Ze względu na ten sekretny poziom, serwis The War Zone postanowił niegdyś uchylić rąbka tajemnicy znad Senior Peg, nie tylko zbierając nieliczne informacje na jego temat, ale też zlecając wykonanie renderu, który ma oddać mniej więcej jego formę. Ten bazuje na pojedynczym zdjęciu modelu umieszczonego na słupie, powstawał przez wiele miesięcy, doczekał się masy poprawek i wygląda fenomenalnie, bo właśnie tak:
Chociaż na pierwszy rzut oka B-2 Spirit oraz Senior Peg mogą wydawać się podobne, to proste porównanie nie ukazuje detali projektów w tak dokładnych szczegółach.
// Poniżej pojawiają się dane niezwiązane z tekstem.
// The choices of a turn: which group of what waits at a server goes next, and which entry of that group goes first.
// They take the fleet and the journal apart: the ring's memory, which holds both, belongs to the crates above that send and change.
#![tactic(auto)]

mod entries;
mod groups;
mod keys;

pub use entries::first_entry;
pub use groups::{chosen_group, groups_waiting};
Najważniejszym w dziele Lockheed Martin jest ewidentnie widoczny charakter spektakularnego F-117 (zdjęcie poniżej), co przejawia się w przedniej szybie z trójkątnymi i trapezowymi wstawkami. Równie intrygujące są też minimalizujące odbicia radarowe wloty powietrza w formie siatki, które podobnie jak szyby, zostały zaczerpnięte z projektu F-117 i są częścią serpentynowych kanałów, doprowadzających powietrze do silników.
Czytaj też: Dostał super bombę i poleciał na pustynię. O czym przypomina potężny bombowiec USA?
Wydech tych samolotów miał z kolei być typu planarnego z pasywnymi i aktywnymi funkcjami chłodzenia, a przy tym wyróżniać się projektem, który uniemożliwiał bezpośredni widok na niego z większości kątów. Wisienką na torcie był z kolei wyróżniający się na tle całej reszty mały ogon, który wyglądał jak element zaczerpnięty prosto z zaawansowanego pocisku. Serwis The War Zone musiał zabawić się w spekulacje, dążąc do odpowiedzi na temat radarowego potencjału Senior Peg. Z racji płaskiego spodu, formy wlotów powietrza oraz ogólnej formy bombowca, Lockheed Martin musiałby zastosować radar w formie podwójnej matrycy fazowanej na samym końcu nosa bombowca z potencjalnymi dodatkowymi matrycami tuż pod nimi.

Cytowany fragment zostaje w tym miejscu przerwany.